Treasury Yields Climb to 4.57% on Fed Hike Bets and Oil Risks
RY•Treasury yields rose two to five basis points, lifting the two-year rate to 4.19% and the 10-year rate to 4.57% as investors priced in a quarter-point Federal Reserve increase by December. Strong U.S. jobs data and escalating Iran tensions pushed oil prices higher, stoking inflation concerns.
1. Treasury Yield Movements
U.S. government bond yields climbed across the curve, with two- and five-year notes up more than two basis points to 4.19% and 4.31% respectively, while 10-year yields increased by around four basis points to 4.57%. Shorter-dated maturities led the sell-off, reflecting heightened sensitivity to potential Fed policy tightening since March lows.

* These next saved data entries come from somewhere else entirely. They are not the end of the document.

// Calls inlined one after the other, until no site is left.

ghost use Rattle.std.specs.Prelude.{◌≡◌, ◌≤◌, true, map, IfOk, Some, slice_get};
ghost use Rattle.vx_ast.specs.Accepted.{is_accepted};
ghost use Rattle.vx_ast.specs.Tree.{Program};
ghost use Rattle.vx_flow.specs.Sound.{SoundFlow};
ghost use Rattle.vx_lower.specs.FlowOf.{FlowOf};
ghost use Rattle.vx_inline.specs.CallPlaces.{ListsCalls};
ghost use Rattle.vx_inline.specs.Choosing.{Chosen, IsCandidate};
ghost use Rattle.vx_inline.specs.Inlined.{Inlined, Permitted};
ghost use Rattle.vx_inline.specs.Inlining.{banks_of};
ghost use Rattle.vx_inline.specs.Keeping.{KeepsSite, Knows};
ghost use Rattle.vx_inline.specs.Repeating.{InlinesAll};
ghost use Rattle.vx_inline.specs.declared.site.Site.{Site};

use crate::call_lists::{calls_next, calls_of};
use crate::choice::{Asked, chosen};
use crate::found_call::find;
use crate::inlining::with_live;
use crate::known::{Known, known_next, known_of};
use crate::marks::is_marked;
use crate::passing::keeps_known;
use crate::site::Site;
use std::alloc::Global;
use vx_base::listed::Listed;
use vx_base::outcome::NoMemory;
use vx_flow::graph::{BlockId, Flow};
use vx_flow::live_rows::Live;
use vx_profile::counts::Counts;

/// A flow, what is known of it, and the blocks of each function that call.
#[derive(Drop)]
struct State {
    flow: Flow,
    known: Known,
    calls: Vec<Listed<BlockId>>,
}

/// The flow with the call inlined that is chosen, and so on until none is chosen. Each step removes a call. The counts are read by
/// the numbers that blocks have at that moment. What is known of the flow goes from step to step, so that little of it is looked
/// for again.
#[tactic(auto, using(crate::proofs::Stepping::kept_first, crate::proofs::Stepping::kept_last, crate::proofs::Stepping::less_calls, crate::proofs::Stepping::chosen_permitted))]
pub fn inlined_all(alloc: Global, flow: Flow, counts: &Counts, most: u32) -> Result<Flow, NoMemory>
    requires sound { SoundFlow flow }
    ensures stays { IfOk result (λ new. (p : Program) → is_accepted p ≡ true → FlowOf p flow → FlowOf p new) }
    ensures sound { IfOk result (λ new. SoundFlow new) }
    ensures banks { IfOk result (λ new. banks_of new ≡ banks_of flow) }
    ensures all { IfOk result (λ new. InlinesAll counts.now most flow new) }
    ensures none { IfOk result (λ new. (site : Site) → IsCandidate new most site → ⊥) }
{
    let mut now = first_state(alloc, flow)?;
    'sites: loop {
        match site_in(alloc, &now, counts, most)? {
            Some(site) => now = next_state(alloc, now, site)?,
            None => return Ok(flow_of(now)),
        }
    }
}

fn first_state(alloc: Global, flow: Flow) -> Result<State, NoMemory>
    ensures flow { IfOk result (λ state. state.flow ≡ flow) }
    ensures known { IfOk result (λ state. Knows flow state.known) }
    ensures calls { IfOk result (λ state. ListsCalls flow state.calls.items) }
{
    let known = known_of(alloc, &flow)?;
    let calls = calls_of(alloc, &flow)?;
    Ok(State { flow, known, calls })
}

fn flow_of(state: State) -> Flow
    ensures { result ≡ state.flow }
{
    let State { flow, known, calls } = state;
    drop(known);
    drop(calls);
    flow
}

/// The site that is chosen.
fn site_in(
    alloc: Global,
    state: &State,
    counts: &Counts,
    most: u32,
) -> Result<Option<Site>, NoMemory>
    requires known { Knows state.now.flow state.now.known }
    requires calls { ListsCalls state.now.flow state.now.calls.items }
    ensures chosen { IfOk result (λ site. Chosen state.now.flow counts.now most site) }
{
    let asked = Asked {
        flow: &state.flow,
        known: &state.known,
        calls: &state.calls,
        counts,
        most,
    };
    chosen(alloc, &asked)
}

/// The flow with the call of a permitted site inlined, and what is known of it.
fn next_state(alloc: Global, state: State, site: Site) -> Result<State, NoMemory>
    requires sound { SoundFlow state.flow }
    requires permitted { Permitted state.flow site }
    requires known { Knows state.flow state.known }
    requires calls { ListsCalls state.flow state.calls.items }
    ensures inlined { IfOk result (λ new. Inlined state.flow site new.flow) }
    ensures known { IfOk result (λ new. Knows new.flow new.known) }
    ensures calls { IfOk result (λ new. ListsCalls new.flow new.calls.items) }
{
    let State { flow, known, calls } = state;
    let stays = keeps_site(alloc, &flow, &site)?;
    let new = flow_with(alloc, flow, &known, site)?;
    let known = known_next(alloc, known, stays, site.function, &new)?;
    let calls = calls_next(alloc, calls, site.function, &new)?;
    Ok(State {
        flow: new,
        known,
        calls,
    })
}

/// Whether what is live behind the calls of the caller surely stays as it is.
fn keeps_site(alloc: Global, flow: &Flow, site: &Site) -> Result<bool, NoMemory>
    ensures { IfOk result (λ keeps. keeps ≡ true → KeepsSite flow.now site.now) }
{
    match find(flow, site) {
        Some(found) => keeps_known(alloc, &found),
        None => Ok(false),
    }
}

/// The flow with the call inlined, by what is known.
fn flow_with(alloc: Global, flow: Flow, known: &Known, site: Site) -> Result<Flow, NoMemory>
    requires permitted { Permitted flow site }
    requires known { Knows flow known.now }
    ensures inlined { IfOk result (λ new. Inlined flow site new) }
{
    match known.live.as_slice().get(site.function as usize) {
        Some(live) => flow_by(alloc, flow, known, site, live),
        None => Err(NoMemory),
    }
}

fn flow_by(
    alloc: Global,
    flow: Flow,
    known: &Known,
    site: Site,
    live: &Live,
) -> Result<Flow, NoMemory>
    requires permitted { Permitted flow site }
    requires known { Knows flow known.now }
    requires live { slice_get known.now.live.items site.function ≡ Some live.now }
    ensures inlined { IfOk result (λ new. Inlined flow site new) }
{
    let bare = is_marked(known.bare.as_slice(), site.function);
    with_live(alloc, flow, site, live, bare)
}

2. Drivers of Fed Rate Expectations
Market participants reacted to a stronger-than-expected U.S. jobs report and fresh Middle East tensions that have lifted oil prices, fueling renewed concerns over inflation. Traders now assign roughly a 100% probability to a quarter-point Fed rate hike by December and a 16% chance of a second move before next year.
3. Implications for Royal Bank of Canada
Higher benchmark rates can expand net interest margins for Royal Bank of Canada by widening lending spreads, but elevated yields also increase funding costs and may damp loan growth. The bank’s near-term profitability could benefit, though sustained inflation pressures and risk aversion might constrain credit demand and asset valuations.